Step: (the ){severity} {messageId} is reported {int} time(s)

This step asserts that a specific message (typically a warning or error) was reported several times by EPUBCheck. The {severity} parameter must be a case-insensitive match to either ERROR, WARNING, INFO, USAGE, or FATAL. The messageId parameter must be a cases-sensitive match to an EPUBCheck message ID, as defined in the MessageId.java class (for example, RSC-005, or PKG-010, or OPF-086b). Message IDs can use a hyphen (’-’) or an underscore (’_’) interechangeably. The {int} paraameter must be an integer, equals to the number of times the message is expected to be reported.

It is important to note that this step asserts that the message is reported at least the given number of times. In order to ensure that it is not reported more than that, the step must be combine with a “no other warnings or errors are reported” step.

Examples:

Then error RSC-005 is reported 3 times
And warning RSC-009 is reported 1 time

Step: (the )following {severity}( ID)(s) are/is reported

This step asserts that a list of messages of a same severity (typically error or warning) are reported by EPUBCheck. The {severity} parameter must be a case-insensitive match to either ERROR, WARNING, INFO, USAGE, or FATAL. A list of expected message IDs must be given as a data table, in the fist column. Each element in the list must be a cases-sensitive match to an EPUBCheck message ID, as defined in the MessageId.java class (for example, RSC-005, or PKG-010, or OPF-086b). Message IDs can use a hyphen (’-’) or an underscore (’_’) interechangeably. A second column of the data table can be used to specify a text string that the reported message is expected to contain.

Examples:

Then the following warning IDs are reported
      | RSC-017 |
      | RSC-018 |
Then the following errors are reported
      | RSC-005 | attribute "foo" not allowed here |
      | RSC-005 | element "bar" not allowed here   |

Step: (the )message is {string}

This step asserts that the text of the last consumed message is equal to the given content. The {string} parameter is the expected text of the message.

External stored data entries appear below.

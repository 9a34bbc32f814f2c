//! The forms of a line: instructions as they are written.

ghost use Rattle.std.specs.Prelude.{◌≡◌, ◌≤◌};

use insn_set::{
    AccessSize, AluOp, AtomicOp, AtomicSize, ByteOrder, Condition, ExtendedBits, KeptBits, Reg,
};

/// A number as it is written: its sign, and its digits in decimal or hexadecimal.
///
/// It may be out of its field's range, which `Form::insn` checks.
#[derive(Clone, Copy, Debug, PartialEq, Eq)]
pub struct Number {
    /// Whether there is a minus before the digits, also before a 0.
    pub negative: bool,
    /// The value of the digits, 0 to 2 ^ 64 - 1; `None` from 2 ^ 64 on, which no field can hold.
    pub magnitude: Option<u64>,
}

/// The second operand as it is written.
#[derive(Clone, Copy, Debug, PartialEq, Eq)]
pub enum SourceOperand {
    /// A constant. Its range in an instruction is -2 ^ 31 to 2 ^ 31 - 1.
    Number(Number),
    /// A register, as wide as the instruction.
    Reg(Reg),
}

/// The target of a jump, as it is written.
#[derive(Clone, Copy, Debug, PartialEq, Eq)]
pub enum JumpTarget {
    /// An offset in slots from the next slot. The range is -2 ^ 15 to 2 ^ 15 - 1, and of a long jump -2 ^ 31 to 2 ^ 31 - 1.
    Number(Number),
    /// A label. `Line::Code` has its name next to the form.
    Label,
}

/// What an operation does with its destination, and its second operand as it is written.
#[derive(Clone, Copy, Debug, PartialEq, Eq)]
pub enum Operation {
    /// An operator of two operands or a move, as `r0 += r10` or `w1 = -2`.
    Binary { op: AluOp, src: SourceOperand },
    /// A move of the low bits of `src` with sign extension, as `r1 = (s32)r2`; `from` is how many, here 32.
    SignExtend { from: ExtendedBits, src: Reg },
    /// A negation, as `r1 = -r1`.
    Neg,
    /// A byte-order conversion, as `r8 = le64 r8`: `how` is its order and `bits` the number of low bits that it keeps.
    End { how: ByteOrder, bits: KeptBits },
}

/// What an access does with the bytes in memory.
#[derive(Clone, Copy, Debug, PartialEq, Eq)]
pub enum Access {
    /// A load, as `r1 = *(u32 *)(r6 + 0)`; `signed` if it extends the sign, as one of `s32` does.
    Load {
        size: AccessSize,
        signed: bool,
        dst: Reg,
    },
    /// A store, as `*(u8 *)(r10 - 4) = 5`.
    Store {
        size: AccessSize,
        src: SourceOperand,
    },
    /// An atomic operation, as `lock *(u64 *)(r10 - 8) += r1`.
    Atomic {
        size: AtomicSize,
        op: AtomicOp,
        src: Reg,
    },
}

/// An address: a register and an offset, whose range is -2 ^ 15 to 2 ^ 15 - 1.
#[derive(Clone, Copy, Debug, PartialEq, Eq)]
pub struct Address {
    pub base: Reg,
    pub offset: Number,
}

/// What a wide load puts into its register. The range of a descriptor is -2 ^ 31 to 2 ^ 31 - 1.
#[derive(Clone, Copy, Debug, PartialEq, Eq)]
pub enum WideValue {
    /// A 64-bit constant, as `r2 = 5 ll`; `None` from 2 ^ 64 on.
    Number(Option<u64>),
    /// A map by its descriptor, as `r1 = map_fd 3 ll`.
    MapFd(Number),
    /// An address in a map's value, as `r1 = map_value 3 + 4 ll`. The range of the offset is 0 to 2 ^ 32 - 1.
    MapValue { fd: Number, off: Option<u64> },
}

/// An instruction as it is written: its numbers may be out of range, and its label unknown.
///
/// `wide` is true of `r` registers (64 bits), false of `w` registers (their low 32 bits). No line is read as a sign
/// extension of 32 bits or a byte-order conversion of a `w` register, or as a load that sign-extends a double word.
#[derive(Clone, Copy, Debug, PartialEq, Eq)]
pub enum Form {
    /// An operation on a register.
    Operation {
        wide: bool,
        dst: Reg,
        op: Operation,
    },
    /// A jump, as `goto -1` or `goto done`, or a long one (`long`), as `gotol +1` or `gotol done`.
    Jump {
        long: bool,
        to: JumpTarget,
    },
    /// A conditional jump, as `if w1 s< -1 goto -2`.
    Branch {
        wide: bool,
        cond: Condition,
        dst: Reg,
        src: SourceOperand,
        to: JumpTarget,
    },
    /// An access to memory.
    Access {
        access: Access,
        address: Address,
    },
    /// A load of a 64-bit value: two slots.
    WideLoad {
        dst: Reg,
        value: WideValue,
    },
    /// A call, as `call 26`. The range of the number is -2 ^ 31 to 2 ^ 31 - 1.
    Call {
        id: Number,
    },
    /// `exit`.
    Exit,
}

/// A line of a text, parsed. Names are borrowed from the line.
#[derive(Clone, Copy, Debug)]
pub enum Line<'a> {
    /// Nothing but blanks and a comment.
    Blank,
    /// A definition of the label of this name, as `done:`.
    Label(&'a str),
    /// An instruction, and the label that its jump names: the empty text if it names none.
    Code(Form, &'a str),
}

impl Form {
    ghost use Rattle.text_line.specs.Form.{form_slots, names_label};

    /// The number of slots of an instruction of this form: 2 for a wide load, else 1. Numbers of the form that are out of range make no
    /// difference, since the assembler counts slots before it checks ranges.
    pub fn slots(self) -> usize
        ensures value { result ≡ form_slots self }
        ensures bound { result ≤ 2 }
        ensures some { 1 ≤ result }
    {
        match self {
            Form::WideLoad { .. } => 2,
            _ => 1,
        }
    }

    /// Whether an instruction of this form names a label: it is a jump or a conditional jump whose target is a label, not a number. No
    /// other form names a label. The assembler asks this, since a named label that no line defines is a fault.
    pub fn names_label(self) -> bool
        ensures { result ≡ names_label self }
    {
        match self {
            Form::Jump { to, .. } | Form::Branch { to, .. } => matches!(to, JumpTarget::Label),
            _ => false,
        }
    }
}
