//! Cases whose text is a program, or hex lines.

use crate::bytes::grouped;
use bpf_text::{assemble, disassemble, from_hex_lines, hex_lines};
use cases::{CaseError, shown, text_of, written};
use insn_codec::{Program, write_program};
use std::alloc::Global;

/// Assembles, for the lines `asm` and `round`, the program whose text `text` represents in the notation of cases (`written`). There `;` is
/// a line feed, `\xHH` the byte with these two hex digits, and `{COUNT*PART}` a repetition. `Notation` if the `*` or the `}` of a
/// repetition is missing, if its COUNT is no number or above `MOST_TIMES` of `cases`, or if a `\x` has no two bytes HH: only one or none
/// comes before the next `\x` or `{`, the `}` of the repetition that it is in, or the end, or the two end inside a character of several
/// bytes. `Digits` if the two bytes are no hex digits; `NoText` if the bytes of the program's text are not UTF-8. `Text` if the text does
/// not assemble, also if memory runs out while it is assembled; `Memory` if memory runs out before.
fn program_of(alloc: Global, text: &str) -> Result<Program, CaseError> {
    let text = written(alloc, text)?;
    let program = assemble(alloc, text_of(&text)?)?;
    Ok(program)
}

/// The outcome of a line `asm`. `text`, the line after this word, gives a program's text in the notation of cases. The program is
/// assembled, and the result is its hex lines, one for each slot, on one line: `;` for each line feed, and equal lines, one after another,
/// as a repetition `{COUNT*PART}` (`shown`). `Notation` if a repetition in `text` is wrong, or the two bytes HH of a `\xHH` are missing or
/// end inside a character of several bytes; `Digits` if these two are no hex digits; `NoText` if the bytes of the program's text are not
/// UTF-8. `Text` if this text does not assemble, also if the assembler is out of memory; `Memory` if memory runs out elsewhere.
pub fn assembled(alloc: Global, text: &str) -> Result<String, CaseError> {
    let program = program_of(alloc, text)?;
    let lines = hex_lines(alloc, &program)?;
    let answer = shown(alloc, lines.as_str())?;
    Ok(answer)
}

/// The outcome of a line `round`: `text`, the line after this word, is a program's text in the notation of cases. The program is assembled
/// and disassembled, and the text of the disassembler is assembled again. If this gives the same slots, the result is that text on one
/// line: `;` for each line feed, and a repetition for equal lines (`shown`). If it gives other slots, the result is `another program`.
/// `Notation` or `Digits` if `text` is not in the notation, `NoText` if its bytes are not UTF-8, `Text` if one of the two texts does not
/// assemble. Out of memory is `Text` in the assembler, else `Memory`.
pub fn printed(alloc: Global, text: &str) -> Result<String, CaseError> {
    let program = program_of(alloc, text)?;
    let text = disassemble(alloc, &program)?;
    let again = assemble(alloc, text.as_str())?;
    if write_program(alloc, &again)? != write_program(alloc, &program)? {
        return Ok("another program".to_string(alloc)?);
    }
    let answer = shown(alloc, text.as_str())?;
    Ok(answer)
}

/// The outcome of a line `hex`. `text`, what follows this word, gives hex lines in the notation of cases. A hex line is the sixteen hex
/// digits of one slot, or empty, and may have blanks at its ends. The result is the bytes of these slots as hex digits, with a blank after
/// each slot but the last. `Notation` if a repetition in `text` is wrong, or the two bytes HH of a `\xHH` are missing or end inside a
/// character of several bytes; `Digits` if these two are no hex digits (both of `written`). `NoText` if the hex lines are not UTF-8; `Text`
/// if one of them has a fault, there is no slot, or `from_hex_lines` is out of memory; `Memory` if out of memory otherwise.
pub fn read_hex_lines(alloc: Global, text: &str) -> Result<String, CaseError> {
    let text = written(alloc, text)?;
    let bytes = from_hex_lines(alloc, text_of(&text)?)?;
    let answer = grouped(alloc, &bytes)?;
    Ok(answer)
}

This step should only be used after a step that verified that a given message ID was reported.

Examples:

Then error RSC-005 is reported
And the message is 'attribute "foo" not allowed here'

Step: (the )message contains {string}

This step asserts that the text of the last consumed message contains the given content. The {string} parameter is the text that the message is expected to contain.

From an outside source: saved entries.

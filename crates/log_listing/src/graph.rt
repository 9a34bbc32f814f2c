//! The control-flow graph, in the language of Graphviz. `AllocError`: out of memory for the text.

use crate::control::{block_starts, target_at};
use crate::lines::ListingInput;
use crate::steps::Step;
use bpf_text::write_insn;
use insn_codec::{Insn, Successors};
use log_facts::write_verdict;
use std::alloc::{AllocError, Global};
use std::fmt::Write;
use verifier::VerifyFault;

/// The style of an edge that no run takes, and of a block that no run reaches.
const UNREACHED: &str = "style=dashed, color=gray50, fontcolor=gray50";

/// The first lines of a graph.
const HEAD: &str =
    "digraph program {\n    node [shape=box, fontname=\"monospace\"];\n    edge [fontname=\"monospace\"];\n";

/// What is known of an edge.
#[derive(Clone, Copy)]
enum Edge<'a> {
    /// Nothing: there was no pass, since the program's shape has a fault.
    Unknown,
    /// A run may take it; the text is what is new on it, empty if nothing is.
    Taken(&'a str),
    /// No run takes it.
    Dead,
}

/// What is known of an edge. If a run may take the edge, `seen` is the text of what is new on it, and the result is `Taken` with this text.
/// If `seen` is `None`, the result is `Dead`: no run takes the edge. But if there was no pass over the program (`has_pass` of `input` is
/// false), since its shape has a fault, the result is `Unknown`: nothing is known of the edge.
fn edge_of<'a>(input: &ListingInput<'_>, seen: Option<&'a String>) -> Edge<'a> {
    match seen {
        Some(text) => Edge::Taken(text.as_str()),
        None if input.has_pass => Edge::Dead,
        None => Edge::Unknown,
    }
}

/// The block that is being written.
#[derive(Drop)]
struct Block {
    /// Its first slot.
    first: usize,
    /// Whether a run may reach it.
    is_reached: bool,
    /// Whether an instruction of it is rejected.
    is_refused: bool,
}

/// Writes the attributes of an edge in the language of Graphviz, by what is known of it (`edge`). An edge that no run takes (`Dead`) gets
/// the style `UNREACHED` and no label. Any other edge, one that a run may take (`Taken`) or of which nothing is known (`Unknown`), gets the
/// label `name`, followed by what is new on the edge (`seen`), if anything is. `name` is `taken` or `not taken` after a conditional jump.
/// Otherwise it is empty and nothing is new, so such an edge has no label. `AllocError`: out of memory for the text.
fn write_style(text: &mut String, name: &str, edge: Edge<'_>) -> Result<(), AllocError> {
    match edge {
        Edge::Dead => write!(text, " [{UNREACHED}]"),
        Edge::Taken(seen) if !seen.is_empty() => write!(text, " [label=\"{name}:\\n{seen}\"]"),
        _ if name.is_empty() => Ok(()),
        _ => write!(text, " [label=\"{name}\"]"),
    }
}

/// Writes the edge from the block with the first slot `from` to the block with the first slot `to`. `edge` is what is known of this edge.
/// If no run takes the edge (`Dead`), its style is dashed and gray. Any other edge has a label if it leaves a conditional jump: `name`,
/// which is then `taken` or `not taken`, and after it what is new on the edge, if anything is. For other edges `name` is empty and nothing
/// is new, so they have no label.
fn write_edge(
    text: &mut String,
    from: usize,
    to: usize,
    name: &str,
    edge: Edge<'_>,
) -> Result<(), AllocError> {
    write!(text, "    block_{from} -> block_{to}")?;
    write_style(text, name, edge)?;
    text.push_str(";\n")
}

/// Writes the edges out of the block with the first slot `first`: those of its last instruction, `insn`, which is at `slot`. The two edges
/// of a conditional jump are named `not taken` and `taken`. `step` has what is new on each edge, and `None` for an edge that no run takes.
/// `step` is itself `None` if the pass did not reach `insn`, or if an instruction of the block is rejected: then each edge is written as
/// one that no run takes or, if there was no pass (`has_pass` of `input`), as one of which nothing is known. No edge is written to a slot
/// at which no instruction begins: only a program whose shape has a fault has such edges.
fn write_edges(
    text: &mut String,
    input: &ListingInput<'_>,
    first: usize,
    slot: usize,
    insn: &Insn,
    step: Option<&Step>,
) -> Result<(), AllocError> {
    let program = input.program;
    let successors = insn.profile().successors;
    let (not_taken, taken) = match successors {
        Successors::NextOrJump(_) => ("not taken", "taken"),
        Successors::Next | Successors::Jump(_) | Successors::Nothing => ("", ""),
    };
    let next = slot.saturating_add(insn.slots());
    if successors.falls() && program.is_first(next) {
        let seen = step.and_then(|step| step.falling.as_ref());
        write_edge(text, first, next, not_taken, edge_of(input, seen))?;
    }
    match target_at(program, slot) {
        Some(to) if program.is_first(to) => {
            let seen = step.and_then(|step| step.jumping.as_ref());
            write_edge(text, first, to, taken, edge_of(input, seen))
        }
        _ => Ok(()),
    }
}

/// Appends `lines`, the lines of a verdict, to the label that is being written in `text`. Each line ends with `\l` instead of its line
/// feed: so Graphviz aligns it to the left. Nothing is escaped, since a verdict has neither a quote nor a backslash. `AllocError`: out of
/// memory.
fn write_label(text: &mut String, lines: &str) -> Result<(), AllocError> {
    for line in lines.lines() {
        write!(text, "{line}\\l")?;
    }
    Ok(())
}

/// The graph that is being written.
#[derive(Drop)]
struct Graph<'a> {
    alloc: Global,
    input: &'a ListingInput<'a>,
    /// The slot and the reason of the rejection; `None` if the program is accepted.
    fault: Option<VerifyFault>,
    /// The fault in words, as lines; empty if there is none.
    why: &'a str,
    /// For each slot whether a block begins there.
    starts: &'a [bool],
    /// The index in the steps of `input` of the next step.
    next: usize,
    block: Block,
}

impl<'a> Graph<'a> {
    /// Whether a basic block begins at `slot`. `write_slot` also calls this for the slot after an instruction: the block ends with the
    /// instruction if another begins there. So the result is true past the program's last slot, at which the last block ends.
    fn is_start(&self, slot: usize) -> bool {
        self.starts.get(slot).copied().unwrap_or(true)
    }

    /// Returns the step of the instruction at `slot`, with what is new before it and on its edges; `None` if the pass did not reach it.
    /// Only the step of index `next` is compared with `slot`; if it is returned, `next` becomes the index of the step after it. This is
    /// enough, since the steps are in ascending order of their slots, and `write_blocks` asks for slots in that order.
    fn step_at(&mut self, slot: usize) -> Option<&'a Step> {
        let step = self.input.steps.get(self.next)?;
        if step.slot != slot {
            return None;
        }
        self.next = self.next.saturating_add(1);
        Some(step)
    }

    /// Writes the beginning of the block whose first slot is `slot`: its name, and its attributes up to the quote that opens its label.
    /// Makes it the block that is being written (`block`), of which no instruction is rejected so far: `write_fault` sets `is_refused`.
    /// `is_reached` is whether the pass over the facts reached the block, so that a run may reach it. It is false of every block if there
    /// was no pass, since the program's shape has a fault.
    fn begin(
        &mut self,
        text: &mut String,
        slot: usize,
        is_reached: bool,
    ) -> Result<(), AllocError> {
        self.block = Block {
            first: slot,
            is_reached,
            is_refused: false,
        };
        write!(text, "    block_{slot} [label=\"")
    }

    /// If the instruction at `slot`, which was written last, is the rejected one: writes the verdict after it, into the label of the block
    /// that is being written, and sets `is_refused` of this block, so that `end` makes it red. Else, also if the program is accepted, does
    /// nothing.
    fn write_fault(&mut self, text: &mut String, slot: usize) -> Result<(), AllocError> {
        match self.fault {
            Some(fault) if fault.slot == slot => {
                let mut lines = String::new(self.alloc);
                write_verdict(&mut lines, Err(fault), self.why)?;
                self.block.is_refused = true;
                write_label(text, lines.as_str())
            }
            _ => Ok(()),
        }
    }

    /// Writes the end of the basic block that is being written (`block`), in the language of Graphviz: the quote that closes its label, and
    /// its style. The block is red if it has the rejected instruction. Else it is dashed if the pass over the facts did not reach it
    /// (`is_reached` is false): no run does, or the pass has ended before it, at the rejected instruction. If there was no pass, since the
    /// program's shape has a fault (`has_pass` is false), no block is dashed. `AllocError`: out of memory for the text.
    fn end(&self, text: &mut String) -> Result<(), AllocError> {
        text.push_str("\"")?;
        if self.block.is_refused {
            text.push_str(", color=red, penwidth=2")?;
        } else if self.input.has_pass && !self.block.is_reached {
            write!(text, ", {UNREACHED}")?;
        }
        text.push_str("];\n")
    }

    /// Writes a line with `slot` and the instruction there, `insn`, into the label of the block that is being written. If it is the
    /// rejected instruction, the lines of the verdict follow in the label, and the block is recorded as rejected (`write_fault`).
    fn write_line(
        &mut self,
        text: &mut String,
        slot: usize,
        insn: &Insn,
    ) -> Result<(), AllocError> {
        write!(text, "{slot}: ")?;
        write_insn(text, insn)?;
        // In a label `\l` ends a line that Graphviz aligns to the left.
        text.push_str("\\l")?;
        self.write_fault(text, slot)
    }

    /// Writes the instruction `insn`, which is at `slot`, as a line in the label of its block; the verdict follows if `insn` is the
    /// rejected instruction. If a block begins at `slot`, its beginning is written first. If the block ends with `insn`, the end of the
    /// block and the edges out of it follow. `insn` has a step (`step_at`) if the pass over the facts reached `insn`, and so its block; the
    /// step has what is new on each edge that a run may take. Without a step, or if an instruction of the block is rejected, the edges are
    /// written as edges that no run takes. But if there was no pass (`has_pass`), since the program's shape has a fault, they are written
    /// as edges of which nothing is known. Slots are passed in ascending order, since `step_at` compares only the next step.
    fn write_slot(
        &mut self,
        text: &mut String,
        slot: usize,
        insn: &Insn,
    ) -> Result<(), AllocError> {
        let step = self.step_at(slot);
        if self.is_start(slot) {
            self.begin(text, slot, step.is_some())?;
        }
        self.write_line(text, slot, insn)?;
        if self.is_start(slot.saturating_add(insn.slots())) {
            self.end(text)?;
            let step = step.filter(|_| !self.block.is_refused);
            write_edges(text, self.input, self.block.first, slot, insn, step)?;
        }
        Ok(())
    }
}

/// Writes the basic blocks of the program of `graph`, in the order of their slots, as nodes in the language of Graphviz, and after each
/// block the edges out of it. `graph` also keeps how far the writing is: the current block, and the next step, an instruction that a run
/// may reach. `write_slot` writes an instruction, before it the beginning of a block, if one begins there, and after it the end of a block,
/// if one ends there. A slot at which no instruction begins, the second one of a wide instruction, is skipped.
fn write_blocks(text: &mut String, mut graph: Graph<'_>) -> Result<(), AllocError> {
    let program = graph.input.program;
    for slot in 0..program.slots() {
        if let Some(insn) = program.get(slot) {
            graph.write_slot(text, slot, insn)?;
        }
    }
    Ok(())
}

/// The control flow of the program of `input` as text in the language of Graphviz: a node for each basic block, with its instructions, and
/// the edges between the blocks, those of a conditional jump with the facts that are new on each. Blocks that the verifier's pass did not
/// reach, and edges that it did not follow, are dashed. If the program's shape has a fault, there was no pass, and nothing is dashed.
/// `fault` is the rejection, `None` if the program is accepted; `why` is its reason in words, empty for an accepted program. The block of
/// the rejected instruction is red, and has the verdict and `why` after this instruction. `AllocError`: out of memory.
pub(crate) fn graph_of(
    alloc: Global,
    input: &ListingInput<'_>,
    fault: Option<VerifyFault>,
    why: &str,
) -> Result<String, AllocError> {
    let starts = block_starts(alloc, input.program)?;
    let graph = Graph {
        alloc,
        input,
        fault,
        why,
        starts: &starts,
        next: 0,
        block: Block {
            first: 0,
            is_reached: false,
            is_refused: false,
        },
    };
    let mut text = String::from_str(alloc, HEAD)?;
    write_blocks(&mut text, graph)?;
    text.push_str("}\n")?;
    Ok(text)
}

This step should only be used after a step that verified that a given message ID was reported.

Examples:

Then error RSC-005 is reported
And the message contains 'Duplicate ID'

§ Underlying Java code

_Note: this section is targeted at EPUBCheck developers; it is not required reading for people who only want to contribute new tests

The Java code implementing the functional tests primarily consists of the following classes:

  • Test runners:
    • RunCucumberTest.java
    • DebugCucumberTest.java
  • Step definitions:
    • ExecutionSteps.java
    • AssertionSteps.java
  • Type configuration:
    • TypeRegistryConfiguration.java
  • Domain classes:
    • TestReport.java
    • MessageInfo.java

TODO: further describe the Java code.